Kintsugi is the Japanese art of repairing broken pottery with lacquer and powdered gold.
It originated when the Emperor shattered his favorite cup. The cup was sent to China for repair but it was returned stapled.
The Emperor employed Japanese artisans to mend the cup aesthetically. They devised a method fusing the shards with lacquer and 24k powdered gold.
Kintsugi is the art of imperfection. ~ The Artisan Series: Kintsugi with Showzi Tzukamoto

We are all broken. No matter what we do to hide our scars or broken places, they are there. They are the price we pay for being human. Shattered relationships. Unfulfilled dreams. Lost loved ones. Illness. Traumatic experiences. While none of our brokenness is the same, we share in common the experience of brokenness.
Over the past year, we have experienced individual, cultural, governmental, and global brokenness on a scale that has rarely been seen.
Our scars have never been more apparent.
Some have dealt with this by denying the very brokenness itself, sending their hurt underground to surface in destructive ways. Others recognized the brokenness and have tried to find ways to work within it to create something beautiful. Many fall somewhere in-between, muddling through their brokenness, sometimes cursing it and sometimes grasping glimmers of hope in the midst of it.
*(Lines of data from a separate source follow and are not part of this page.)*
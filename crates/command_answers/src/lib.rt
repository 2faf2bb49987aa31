//! What each command answers to the bytes of its files: a status and a text, or the fault that
//! stops it.
//!
//! ```text
//! // the bytes of the files that the request names, in order
//! let answer = answer_request(alloc, &request, Inputs { files: &files })?;
//! ```
//!
//! Promised: a command has a course, which is a row of stages and then a text (`course_of`). What
//! is answered is what is told at the end of the course, or the fault of the first stage that stops
//! it; and a fault's answer is its line with its status.
//! Only tested: that it answers where there is memory.
#![tactic(auto)]

mod answers;

pub use answers::answer_request;
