//! Tests, tried on one day after another.

ghost use Rattle.std.specs.Prelude.{◌≡◌, ◌≤◌, ◌^◌, unsigned_abs, IfOk};
ghost use Rattle.term_model.specs.Declarations.{declarations};
ghost use Rattle.term_model.specs.Terms.{expression};
ghost use Rattle.term_model.specs.Environments.{IsAdmitted};
ghost use Rattle.expr_eval.specs.Fits.{IsDay};
ghost use Rattle.expr_eval.specs.Evaluable.{MayEvaluate};
ghost use Rattle.expr_eval.specs.Evaluations.{ComparesIn, FitsIn, answer_in, comparison, first_in, kinds_in};
ghost use Rattle.expr_eval.specs.Comparing.{factors_found, number_found, truth_found, OnDays, SidesFit};
ghost use Rattle.expr_eval.specs.Trials.{IsFirstTrue, IsOneOf};

use crate::bindings::Bindings;
use crate::comparisons::{Factors, compare_brought, factors_of};
use crate::evaluation::{evaluate, mantissa_observed};
use crate::kinds::kind_in;
use crate::scratch::Scratch;
use crate::searches::search;
use crate::truths::holds;
use fixing_files::Fixings;
use term_model::{CmpOp, Decls, Expr, Missing, day_read, days_later};

/// A comparison, and its factors.
#[derive(Clone, Copy)]
pub struct Comparison<'a> {
    pub op: CmpOp,
    pub left: &'a Expr,
    pub right: &'a Expr,
    pub by: Factors,
}

// The factors of two sides, which are the same on each day.
fn factors_between(decls: &Decls, left: &Expr, right: &Expr, names: &Bindings) -> Factors
    requires { SidesFit (declarations decls.now) (expression left.now) (expression right.now)
        (kinds_in names.now) }
    ensures { result ≡ factors_found (declarations decls.now) (expression left.now)
        (expression right.now) (kinds_in names.now) }
{
    let i = kind_in(decls, left, names).scale();
    let j = kind_in(decls, right, names).scale();
    factors_of(i, j)
}

// The mantissa of an expression. That of a literal, and of what is observed, is at hand.
fn mantissa_of(
    decls: &Decls,
    e: &Expr,
    names: &Bindings,
    fixings: &Fixings,
    day: i64,
) -> Result<i128, Missing>
    requires { FitsIn decls.now (expression e.now) names.now fixings.now day }
    ensures { result ≡ number_found (answer_in decls.now (expression e.now) names.now
        fixings.now day) }
{
    match e {
        Expr::Lit { mant, .. } => Ok(*mant),
        Expr::Obs { label, offset } => mantissa_observed(*label, day_read(day, *offset), fixings),
        _ => {
            let found = evaluate(decls, e, names, fixings, day)?;
            Ok(found.value.number())
        }
    }
}

// Whether a comparison holds on a day.
fn compares_on(
    decls: &Decls,
    test: &Comparison,
    names: &Bindings,
    fixings: &Fixings,
    day: i64,
) -> Result<bool, Missing>
    requires { ComparesIn decls.now test.now names.now fixings.now day }
    ensures { result ≡ truth_found (answer_in decls.now (comparison test.now) names.now
        fixings.now day) }
{
    let x = mantissa_of(decls, test.left, names, fixings, day)?;
    let y = mantissa_of(decls, test.right, names, fixings, day)?;
    Ok(compare_brought(test.op, x, y, test.by))
}

// The first of some days on which a comparison holds, whatever its sides are.
fn first_day_compared(
    decls: &Decls,
    test: &Comparison,
    names: &Bindings,
    fixings: &Fixings,
    from: i64,
    days: u32,
) -> Result<Option<u32>, Missing>
    requires first { IsDay from }
    requires fits { OnDays (λ day. ComparesIn decls.now test.now names.now fixings.now day)
        from days }
    ensures days { result ≡ first_in decls.now (comparison test.now) names.now
        fixings.now from days }
    ensures found { IfOk result (λ first. IsOneOf days first) }
{
    for i in 0..days {
        let day = days_later(from, i);
        let holds = compares_on(decls, test, names, fixings, day)?;
        if holds {
            return Ok(Some(i));
        }
    }
    Ok(None)
}

// The first of some days on which any other test holds.
fn first_held(
    decls: &Decls,
    test: &Expr,
    names: &Bindings,
    fixings: &Fixings,
    from: i64,
    days: u32,
) -> Result<Option<u32>, Missing>
    requires first { IsDay from }
    requires fits { OnDays (λ day. FitsIn decls.now (expression test.now) names.now fixings.now day)
        from days }
    ensures days { result ≡ first_in decls.now (expression test.now) names.now
        fixings.now from days }
    ensures found { IfOk result (λ first. IsOneOf days first) }
{
    for i in 0..days {
        let day = days_later(from, i);
        let holds = holds(decls, test, names, fixings, day)?;
        if holds {
            return Ok(Some(i));
        }
    }
    Ok(None)
}

/// The first of some days, from a day of the portfolio on, on which a test holds, counted from 0;
/// none where it holds on no one of them. It lacks a place exactly where a day before that one
/// reads one that is not fixed, and then answers the first. It is what `eval` answers day after
/// day, and takes no memory; what does not depend on the day is done once.
pub fn first_true(
    decls: &Decls,
    test: &Expr,
    scratch: &Scratch,
    fixings: &Fixings,
    from: i64,
    days: u32,
) -> Result<Option<u32>, Missing>
    requires place { MayEvaluate (declarations decls.now)
        (expression test.now) scratch.now.entries }
    requires admitted { IsAdmitted (declarations decls.now) fixings.now }
    requires day { unsigned_abs from ≤ 10 ^ 11 }
    ensures answer { IsFirstTrue (declarations decls.now) (expression test.now) scratch.now.entries
        fixings.now from days result }
    ensures found { IfOk result (λ first. IsOneOf days first) }
{
    let names = Bindings::Lent { scratch };
    if let Some(stop) = search(decls, test, true, &names, fixings, from, days) {
        return stop.day();
    }
    match test {
        Expr::Cmp { op, left, right } => {
            let by = factors_between(decls, left, right, &names);
            let test = Comparison {
                op: *op,
                left: &**left,
                right: &**right,
                by,
            };
            first_day_compared(decls, &test, &names, fixings, from, days)
        }
        _ => first_held(decls, test, &names, fixings, from, days),
    }
}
We are lonely. We are exhausted. We ache with longing for better days.
The saying “strong in the broken places” originally came from Ernest Hemingway when he wrote, “The world breaks everyone and afterward many are strong at the broken places.” Since then, it has been used to illustrate the strength that can come out of difficult experiences. Our strength is often in our broken places. I believe it is only through recognizing our brokenness ~ our scars ~ that we can begin to mend them and transform them into something strong, something beautiful
Nearly 20 years ago, I survived a life threatening assault. I was 26 years-old and my life was full of hope and possibility. My attacker came to my home with a gun under the cover of darkness with the intent to kill me and then kill himself.
I was lucky. I survived what so many others do not.
After I was assaulted, I had many well-meaning friends and family members reach out to me. They expressed their shock, their support, their anger. Some of it was helpful and some of it wasn’t.
One friend, in particular, was especially enraged. In her anger, she said about my attacker, “Look what he did to you! He ruined your life.”
This idea of kintsugi appeals to me because none of our lives are what they might have been. Life happens and, to some extent, is it up to us what we are going to make out of it. We’ve all experienced times when it seems as though some parts of our life have been smashed and lay in shards on the floor.
But it’s not ruined. When we pick up the shards and begin the processes of mending them back together, in time we may find that what is created may be as beautiful (or more beautiful) than what we had before.
My friends, you each are a one of a kind beauty. Imperfectly perfect. Whole and strong.